Coverage Gap Analysis

Missing Entity Classes in Python SDK (High Priority)

  1. Charts - Dashboard visualization components
  2. Metrics - Business metrics and KPIs
  3. MLModels - Machine learning model entities
  4. StoredProcedures - Database stored procedures
  5. DashboardDataModels - Dashboard data modeling
  6. SearchIndex - Search index management
  7. ApiEndpoint - API endpoint documentation
  8. Queries - SQL query management
  9. Spreadsheets - Spreadsheet assets
  10. Worksheets - Worksheet management

Missing Service Classes in Python SDK

  1. MessagingServices - Kafka, Pulsar, etc.
  2. MLModelServices - ML platform services
  3. ObjectStoreServices - S3, GCS, Azure Blob
  4. SearchServices - Elasticsearch, OpenSearch
  5. ApiServices - REST API services
  6. DriveServices - Google Drive, SharePoint

Missing Governance Features

  1. Classifications - Data classification tags
  2. Domains - Business domain management
  3. DataContracts - Data contract definitions
  4. TestCases - Individual test case management
  5. TestSuites - Test suite orchestration
  6. TestDefinitions - Test definition templates

Missing Security & Access Features

  1. Roles - Role management API
  2. Policies - Policy definition and enforcement
  3. Bots - Bot user management
  4. Permissions - Fine-grained permissions API
  5. SecurityServices - Security service integrations

Missing Operational Features

  1. WorkflowDefinitions - Workflow template management
  2. WorkflowInstances - Running workflow instances
  3. WorkflowInstanceStates - Workflow state tracking
  4. Events - Event stream management
  5. Feeds - Activity feed management

Missing Advanced Features

  1. ApiCollections - API collection management
  2. Personas - User persona definitions
  3. Columns - Column-level operations
  4. ReportsBeta - Reporting features
  5. Rdf/RdfSql - RDF data management
  6. Scim - SCIM user provisioning
  7. TestCaseIncidentManager - Incident management
  8. QueryCostRecordManager - Query cost tracking
  9. Files/Directories - File system management
  10. Apps - Application management

Recommendations

Priority 1: Core Data Assets (Q1 2025)

  • Implement Chart, Metric, MLModel entity classes
  • Add StoredProcedure and Query management
  • Complete SearchIndex integration

Priority 2: Service Integration (Q2 2025)

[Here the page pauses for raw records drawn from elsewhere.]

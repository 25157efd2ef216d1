//! The typed specification that a text stands for.
//! In: a surface without a fault of names and types, and its type list. Out: its specification, by specs/ReadSpec.antt
//! (`spec_of`); the main call is `spec_over`.
#![tactic(auto)]

mod arena;
mod constants;
mod declarations;
mod expressions;
mod forms;
mod members;
mod nodes;
mod operators;
mod places;
mod reading;
mod table;
mod text;
mod types;

pub use reading::spec_over;

#[cfg(test)]
mod tests;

  • Add MessagingService support (Kafka, Pulsar)
  • Implement ObjectStoreService (S3, GCS)
  • Add MLModelService integrations

Priority 3: Governance & Quality (Q2 2025)

  • Implement Classification and Domain APIs
  • Add DataContract support
  • Complete TestCase/TestSuite framework

Priority 4: Security & Operations (Q3 2025)

  • Add Role and Policy management
  • Implement Workflow APIs
  • Add Event and Feed management

Priority 5: Advanced Features (Q4 2025)

  • Add Persona management
  • Implement SCIM support
  • Add cost tracking features

Implementation Strategy

1. Extend BaseEntity Pattern

All new entities should follow the established pattern:

class NewEntity(BaseEntity):
    @classmethod
    def entity_type(cls):
        return NewEntityClass
    
    @classmethod
    def create(cls, request: CreateNewEntityRequest):
        # Implementation
    
    @classmethod
    def retrieve(cls, entity_id: str, fields: List[str] = None):
        # Implementation

2. Add Corresponding Mixins

For complex operations, add mixins to OMeta:

class NewEntityMixin:
    def get_new_entity_by_name(self, fqn: str):
        # Implementation

3. Test Coverage

Each new entity needs comprehensive unit tests:

  • Create operations
  • Retrieve by ID/name
  • Update/Patch operations
  • Delete operations
  • List operations

4. Documentation

Update SDK documentation with:

  • Usage examples
  • API reference
  • Migration guides from direct OMeta usage

Conclusion

The Python SDK currently covers approximately 30% of the Java SDK's functionality. The main gaps are in:

  1. Advanced data asset types (Charts, Metrics, MLModels)
  2. Service integrations (Messaging, ML, Object Storage)
  3. Governance features (Classifications, Domains, Data Contracts)
  4. Operational APIs (Workflows, Events, Feeds)

Implementing the missing features would require:

  • ~50 new entity classes
  • ~20 additional OMeta mixins
  • ~200+ unit tests
  • Comprehensive documentation updates

The recommended approach is to prioritize based on user demand and implement in phases over 2025.